# oxalic acid dribble



## beemandan (Dec 5, 2005)

Being the straight shooter I am, I would never consider using an unapproved compound in one of my hives. On the other hand, I have a friend who isn’t so proper. My friend applied an oxalic acid dribble to about 15 of his hives yesterday. Afterward he put clean corrugated sheets underneath those with screened bottoms. We stopped by that yard today and pulled sheets from beneath the hives that had screened bottoms. A half a dozen mites here…a few there and I….er… we were beginning to think the whole exercise was a waste until we got to this hive.








Some of the hives had solid bottoms, so we weren’t able to look at those but nine had sbb and this was the only one with a big fallout but my-oh-my did they fall out.


----------



## danno (Dec 17, 2007)

Mites will continue to fall for a couple of weeks.


----------



## beemandan (Dec 5, 2005)

danno said:


> Mites will continue to fall for a couple of weeks.

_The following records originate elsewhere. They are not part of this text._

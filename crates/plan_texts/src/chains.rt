//! The rows of the longest chains.

ghost use Rattle.std.specs.Prelude.{◌≡◌, ◌++◌, ◌<◌, length, IfOk, OnOk};
ghost use Rattle.plan_texts.specs.Chains.{numbers_text, chains_row, chains_text};

use cycle_plan::Chains;
use reach_rules::Chain;
use std::alloc::Global;
use sync_text::{NoMemory, Text};
use sync_topo::Plan;

/// Puts the three numbers of a row.
fn put_numbers(text: &mut Text, row: Chain) -> Result<(), NoMemory>
    ensures { OnOk result (text.new ≡ text.old ++ numbers_text row) }
{
    text.put(b",")?;
    text.put_number(row.links)?;
    text.put(b",")?;
    text.put_number(row.since)?;
    text.put(b",")?;
    text.put_number(row.clocks)?;
    text.put(b"\n")
}

/// Puts the row of an element.
fn put_row(text: &mut Text, plan: &Plan, chains: &Chains, element: u32) -> Result<(), NoMemory>
    requires within { element < length plan.now.elements }
    requires counted { length chains.now ≡ length plan.now.elements }
    ensures { OnOk result (text.new ≡ text.old ++ chains_row plan.now chains.now element) }
{
    text.put(plan.element(element).name.bytes())?;
    put_numbers(text, chains.of(element))
}

/// The rows of the longest chains of a plan, a row for each element in order: its name, the links of the
/// chain, those since its last clock that filters, and how many of these it has.
///
/// The first row is `element,links,since,clocks`. This project's own.
pub fn chains_text(alloc: Global, plan: &Plan, chains: &Chains) -> Result<Text, NoMemory>
    requires { length chains.now ≡ length plan.now.elements }
    ensures { IfOk result (λ text. text ≡ chains_text plan.now chains.now) }
{
    let mut text = Text::new(alloc);
    text.put(b"element,links,since,clocks\n")?;
    for element in 0..plan.elements() {
        put_row(&mut text, plan, chains, element)?;
    }
    Ok(text)
}
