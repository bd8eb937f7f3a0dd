//! A search for priorities by which no single failure cuts anybody off.
//!
//! A bundle is one edge of a graph, and a source an edge from a root above all clocks. Over the
//! tree of fewest hops from the root the other edges lie as ears: paths between two elements of
//! earlier ears, of which one survives each failure. [`choose`] has each element take its timing
//! from both its neighbours on its ear, the one in the tree first: no line of an ear leads out of
//! it but to later ears, so that no lines hop round.
//!
//! Nothing of this is proved but that the search is safe and ends: whoever uses what it finds has
//! to try it.
#![tactic(auto)]

mod choosing;
mod laying;
mod tree;

pub use choosing::{EarChoice, choose};
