//! Texts of one line, and lines on lines of a plan.

ghost use Rattle.std.specs.Prelude.{◌≡◌, ◌++◌, ◌<◌, IfOk, OnOk, codes, map};
ghost use Rattle.std.specs.List.{All};
ghost use Rattle.sync_topo.specs.Lines.{line_count, line_name};
ghost use Rattle.plan_texts.specs.Lines.{text_line, lines_text, cycle_text, falls_text};

use std::alloc::Global;
use sync_text::{NoMemory, Text};
use sync_topo::{InputId, LineId, Plan};

/// A text of one line: these words, and a line feed.
pub fn line_text(alloc: Global, words: &[u8]) -> Result<Text, NoMemory>
    ensures { IfOk result (λ text. text ≡ text_line words.now) }
{
    let mut text = Text::new(alloc);
    text.put(words)?;
    text.put(b"\n")?;
    Ok(text)
}

/// Puts the name of a line, after a space.
fn put_line(alloc: Global, text: &mut Text, plan: &Plan, line: LineId) -> Result<(), NoMemory>
    requires { line.0 < line_count plan.now }
    ensures { OnOk result (text.new ≡ text.old ++ codes " " ++ line_name plan.now line.0) }
{
    text.put(b" ")?;
    plan.put_input_name(alloc, text, InputId::Line(line))
}

/// The line on a cycle: `cycle`, and the names of its lines.
///
/// This project's own.
pub fn cycle_text(alloc: Global, plan: &Plan, lines: &[LineId]) -> Result<Text, NoMemory>
    requires { All (λ line. line < line_count plan.now) (map (λ line. line.0) lines.now) }
    ensures { IfOk result (λ text. text ≡ cycle_text plan.now (map (λ line. line.0) lines.now)) }
{
    lines_text(alloc, b"cycle", plan, lines)
}

/// The line on some lines: what they are, and their names.
///
/// This project's own.
pub fn lines_text(
    alloc: Global,
    word: &[u8],
    plan: &Plan,
    lines: &[LineId],
) -> Result<Text, NoMemory>
    requires { All (λ line. line < line_count plan.now) (map (λ line. line.0) lines.now) }
    ensures { IfOk result (λ text. text ≡ lines_text word.now plan.now
        (map (λ line. line.0) lines.now)) }
{
    let mut text = Text::new(alloc);
    text.put(word)?;
    for line in lines {
        put_line(alloc, &mut text, plan, *line)?;
    }
    text.put(b"\n")?;
    Ok(text)
}

/// The line on a hop from one line to another over which ranks don't rise: `falls`, and their names.
///
/// This project's own.
pub fn falls_text(alloc: Global, plan: &Plan, from: LineId, to: LineId) -> Result<Text, NoMemory>
    requires from { from.0 < line_count plan.now }
    requires to { to.0 < line_count plan.now }
    ensures { IfOk result (λ text. text ≡ falls_text plan.now from.0 to.0) }
{
    let mut text = Text::new(alloc);
    text.put(b"falls ")?;
    plan.put_input_name(alloc, &mut text, InputId::Line(from))?;
    text.put(b" ")?;
    plan.put_input_name(alloc, &mut text, InputId::Line(to))?;
    text.put(b"\n")?;
    Ok(text)
}
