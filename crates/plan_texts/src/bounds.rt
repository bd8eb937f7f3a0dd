//! The text of the bounds of a plan that agrees.

ghost use Rattle.std.specs.Prelude.{◌≡◌, IfOk};
ghost use Rattle.plan_texts.specs.Bounds.{agreed_text};

use std::alloc::Global;
use sync_text::{NoMemory, Text};

/// That a plan agrees, its bound, and its bound after failures, in milliseconds.
///
/// This project's own.
pub fn agreed_text(alloc: Global, bound: u64, failures: u64) -> Result<Text, NoMemory>
    ensures { IfOk result (λ text. text ≡ agreed_text bound failures) }
{
    let mut text = Text::new(alloc);
    text.put(b"agreed\nbound ")?;
    text.put_number(bound)?;
    text.put(b"\nfailures ")?;
    text.put_number(failures)?;
    text.put(b"\n")?;
    Ok(text)
}
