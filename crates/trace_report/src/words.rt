//! The words of a report.

ghost use Rattle.std.specs.Prelude.{◌≡◌};
ghost use Rattle.trace_report.specs.Words.{condition_word, left_of};

use sync_ql::rules::Cond;

/// The condition of an input.
pub(crate) fn condition_word(condition: Cond) -> &'static [u8]
    ensures { result.now ≡ condition_word condition }
{
    match condition {
        Cond::Good => b"good",
        Cond::HoldOff(_) => b"holdoff",
        Cond::Failed => b"failed",
        Cond::Restoring(_) => b"restoring",
    }
}

/// How many milliseconds are left of it, and 0 where it doesn't end by itself.
pub(crate) fn left_of(condition: Cond) -> u64
    ensures { result ≡ left_of condition }
{
    match condition {
        Cond::HoldOff(left) | Cond::Restoring(left) => u64::from(left),
        Cond::Good | Cond::Failed => 0,
    }
}
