//! The texts of what is found of plans: rows of hop counts, of chains and of failures, lines on lines,
//! and bounds.
//!
//! Contracts see each as a list of bytes, by definitions of the same names: [`hops_text`],
//! [`chains_text`], [`gaps_text`], [`lines_text`] with [`cycle_text`] and [`falls_text`], and
//! [`agreed_text`]. A new column of one of these reports is made here.
#![tactic(auto)]

mod bounds;
mod chains;
mod gaps;
mod hops;
mod lines;

pub use bounds::agreed_text;
pub use chains::chains_text;
pub use gaps::gaps_text;
pub use hops::hops_text;
pub use lines::{cycle_text, falls_text, line_text, lines_text};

Ahhhh...you've had a friend who's done this too.
PS...this was less than twenty four hours....makes me wonder why this hive dropped so many so quickly.


----------



## jrbbees (Apr 4, 2010)

From this which do you think is more effective? Dribble or sublimate OA?


----------



## DC Bees (Sep 24, 2009)

It's a shame the mites can't live in harmony with the bees instead they choose to over run them.


----------



## beemandan (Dec 5, 2005)

jrbbees said:


> From this which do you think is more effective? Dribble or sublimate OA?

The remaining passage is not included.